(Task details) Starting at the line that contains "is no table." and ending at the line that contains "schedule may make.", the lines below are to be given again exactly, with nothing added.

[Dataset records]
========================================================================

ghost use Rattle.std.specs.Prelude.{◌≡◌};

use crate::path::{Path, TablePlace};
use cpu_table::{LayoutError, Text};
use smm_base::NoMemory;
use std::alloc::{AllocError, AllocFailed};

/// Why a document is no platform: the first fault of the walk.
#[derive(Drop)]
pub enum WalkFault {
    /// A key that must be there isn't.
    Missing(Path),
    /// A value of another kind.
    WrongType(Path),
    /// An entry of a list of tables that is no table.
    NoTable(TablePlace),
    /// A text that is none of the key's words.
    Word(Path),
    /// A number, or a list's length, outside its range; or what stands twice.
    Range(Path, i64),
    /// A key that the table doesn't have.
    Unknown(TablePlace, Text),
    /// So many events are more than a schedule may make.
    TooLarge(u64),
    /// SMRAM has no room for the processors' areas.
    Layout(LayoutError),
    NoMemory,
}

impl From<NoMemory> for WalkFault {
    ghost use Rattle.platform_document.specs.declared.fault.WalkFault.TheVariants.{NoMemory as no_memory};

    ghost from_gives = { λ _ e. e ≡ no_memory };

    fn from(_: NoMemory) -> Self {
        WalkFault::NoMemory
    }
}

impl From<AllocError> for WalkFault {
    ghost use Rattle.platform_document.specs.declared.fault.WalkFault.TheVariants.{NoMemory as no_memory};

    ghost from_gives = { λ _ e. e ≡ no_memory };

    fn from(_: AllocError) -> Self {
        WalkFault::NoMemory
    }
}

impl<T: Drop> From<AllocFailed<T>> for WalkFault {
    ghost use Rattle.platform_document.specs.declared.fault.WalkFault.TheVariants.{NoMemory as no_memory};

    ghost from_gives = { λ _ e. e ≡ no_memory };

    fn from(_: AllocFailed<T>) -> Self {
        WalkFault::NoMemory
    }
}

========================================================================

(Response area)
    /// An entry of a list of tables that is no table.
    NoTable(TablePlace),
    /// A text that is none of the key's words.
    Word(Path),
    /// A number, or a list's length, outside its range; or what stands twice.
    Range(Path, i64),
    /// A key that the table doesn't have.
    Unknown(TablePlace, Text),
    /// So many events are more than a schedule may make.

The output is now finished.